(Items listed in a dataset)
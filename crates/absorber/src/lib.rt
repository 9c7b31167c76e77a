// A message absorbed in parts: between two of them a sponge is a value, its lanes and how many bytes of the next block they have in.
// Parts may end anywhere. Absorbing s and then t is absorbing s ++ t, and the end of it all is the sponge of the whole message.
#![tactic(auto)]

ghost use Rattle.std.specs.Prelude.{◌≡◌, ◌-◌, ◌%◌, ◌<◌, replicate};
ghost use Rattle.keccak.specs.Rounds.{f1600};
ghost use Rattle.absorber.specs.declared.Absorbing.{Absorbing};
ghost use Rattle.absorber.specs.Absorbing.{edge, fresh, ended, Absorbed, Ready};

use std::marker::Model;

// A sponge between two parts of its message, as plain data: each call is told the rate, in bytes.
#[derive(Clone, Copy)]
pub struct Absorbing {
    pub lanes: [u64; 25],
    pub offset: usize,
}

impl Absorbing {
    // A sponge that has absorbed nothing.
    pub fn fresh() -> Self
        ensures { result ≡ fresh }
    {
        Absorbing {
            lanes: [0; 25],
            offset: 0,
        }
    }

    // Bytes absorbed one by one.
    fn absorbed_bytes(self, s: &[u8], rate: usize) -> Self
        requires { Ready 64 rate self.offset }
        ensures { Absorbed 64 f1600 rate self s.now result }
    {
        let mut lanes = self.lanes;
        let mut offset = self.offset;
        for &byte in s {
            let j = offset / 8;
            lanes[j] ^= (byte as u64) << (8 * (offset % 8));
            offset += 1;
            if offset == rate {
                lanes = keccak::permuted(lanes);
                offset = 0;
            }
        }
        Absorbing { lanes, offset }
    }

    // A string absorbed from a block's edge on: whole blocks lane by lane, and byte by byte what is left.
    fn absorbed_blocks(lanes: [u64; 25], s: &[u8], rate: usize) -> Self
        requires { Ready 64 rate 0 }
        ensures { Absorbed 64 f1600 rate (edge lanes) s.now result }
    {
        let mut lanes = lanes;
        let mut rest = s;
        while rate <= rest.len() {
            let (block, behind) = rest.split_at(rate);
            // Named first: laid straight over the array that it takes, the call's result gets no proof in this loop.
            let next = sponge::absorbed_block(lanes, block);
            lanes = next;
            rest = behind;
        }
        Absorbing { lanes, offset: 0 }.absorbed_bytes(rest, rate)
    }

    // A string absorbed: byte by byte up to the block's edge, and from there on.
    pub fn absorbed(self, s: &[u8], rate: usize) -> Self
        requires { Ready 64 rate self.offset }
        ensures { Absorbed 64 f1600 rate self s.now result }
    {
        let left = (rate - self.offset) % rate;
        let Some((front, behind)) = s.split_at_checked(left) else {
            return self.absorbed_bytes(s, rate);
        };
        let whole = self.absorbed_bytes(front, rate);
        Self::absorbed_blocks(whole.lanes, behind, rate)
    }

    // Zeros absorbed up to the next block. They change no byte, so that only a permutation is left to do.
    #[tactic(auto, using(crate::proofs::Parts::filled_none))]
    pub fn filled(self, rate: usize) -> Self
        requires { Ready 64 rate self.offset }
        ensures { Absorbed 64 f1600 rate self (replicate ((rate - self.offset) % rate) 0) result × (result.offset ≡ 0) }
    {
        if self.offset == 0 {
            return self;
        }
        Absorbing {
            lanes: keccak::permuted(self.lanes),
            offset: 0,
        }
    }

    // The message's end: the suffix byte and the padding absorbed. The output is squeezed from these lanes.
    pub fn ended(self, suffix: u8, rate: usize) -> [u64; 25]
        requires { Ready 64 rate self.offset × (suffix < 128) }
        ensures { result ≡ ended 64 f1600 rate self suffix }
    {
        let none = [0; 200];
        sponge::absorbed_piece(self.lanes, &none[..self.offset], suffix, rate)
    }
}

// The same at one rate of `RATE` bytes, which the type carries: no absorber goes on at another.
#[derive(Clone, Copy)]
pub struct Absorber<const RATE: usize> {
    state: Absorbing,
}

// Clauses see the plain state. Of every absorber whose rate is in whole lanes, the next block has room for a byte.
impl<const RATE: usize> Model for Absorber<RATE> {
    ghost Value = { Absorbing };

    ghost view = { λ c. c.state };

    ghost invariant = { λ c. Ready 64 RATE 0 → Ready 64 RATE c.state.offset };

    ghost inverse = { λ v. record { state = v } };
}

// Each method is the plain state's, at `RATE`. The clauses `Ready 64 RATE 0` stand because the rate is a const parameter, and `fresh` asks
// nothing of it.
impl<const RATE: usize> Absorber<RATE> {
    // A sponge that has absorbed nothing.
    pub fn fresh() -> Self
        ensures { result ≡ fresh }
    {
        Absorber {
            state: Absorbing::fresh(),
        }
    }

    // A string absorbed.
    pub fn absorbed(&self, s: &[u8]) -> Self
        requires { Ready 64 RATE 0 }
        ensures { Absorbed 64 f1600 RATE self.now s.now result }
    {
        Absorber {
            state: self.state.absorbed(s, RATE),
        }
    }

    // Zeros absorbed up to the next block.
    pub fn filled(&self) -> Self
        requires { Ready 64 RATE 0 }
        ensures { Absorbed 64 f1600 RATE self.now (replicate ((RATE - self.now.offset) % RATE) 0) result × (result.offset ≡ 0) }
    {
        Absorber {
            state: self.state.filled(RATE),
        }
    }

    // The message's end: the suffix byte and the padding absorbed.
    pub fn ended(&self, suffix: u8) -> [u64; 25]
        requires { Ready 64 RATE 0 × (suffix < 128) }
        ensures { result ≡ ended 64 f1600 RATE self.now suffix }
    {
        self.state.ended(suffix, RATE)
    }
}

» Task instructions: What are the lines above, starting at the one with "from there on." and ending at the one with "let none = [0; 200];"? Give them again exactly, and only them.

» Response box:
    // A string absorbed: byte by byte up to the block's edge, and from there on.
    pub fn absorbed(self, s: &[u8], rate: usize) -> Self
        requires { Ready 64 rate self.offset }
        ensures { Absorbed 64 f1600 rate self s.now result }
    {
        let left = (rate - self.offset) % rate;
        let Some((front, behind)) = s.split_at_checked(left) else {
            return self.absorbed_bytes(s, rate);
        };
        let whole = self.absorbed_bytes(front, rate);
        Self::absorbed_blocks(whole.lanes, behind, rate)
    }

    // Zeros absorbed up to the next block. They change no byte, so that only a permutation is left to do.
    #[tactic(auto, using(crate::proofs::Parts::filled_none))]
    pub fn filled(self, rate: usize) -> Self
        requires { Ready 64 rate self.offset }
        ensures { Absorbed 64 f1600 rate self (replicate ((rate - self.offset) % rate) 0) result × (result.offset ≡ 0) }
    {
        if self.offset == 0 {
            return self;
        }
        Absorbing {
            lanes: keccak::permuted(self.lanes),
            offset: 0,
        }
    }

    // The message's end: the suffix byte and the padding absorbed. The output is squeezed from these lanes.
    pub fn ended(self, suffix: u8, rate: usize) -> [u64; 25]
        requires { Ready 64 rate self.offset × (suffix < 128) }
        ensures { result ≡ ended 64 f1600 rate self suffix }
    {
        let none = [0; 200];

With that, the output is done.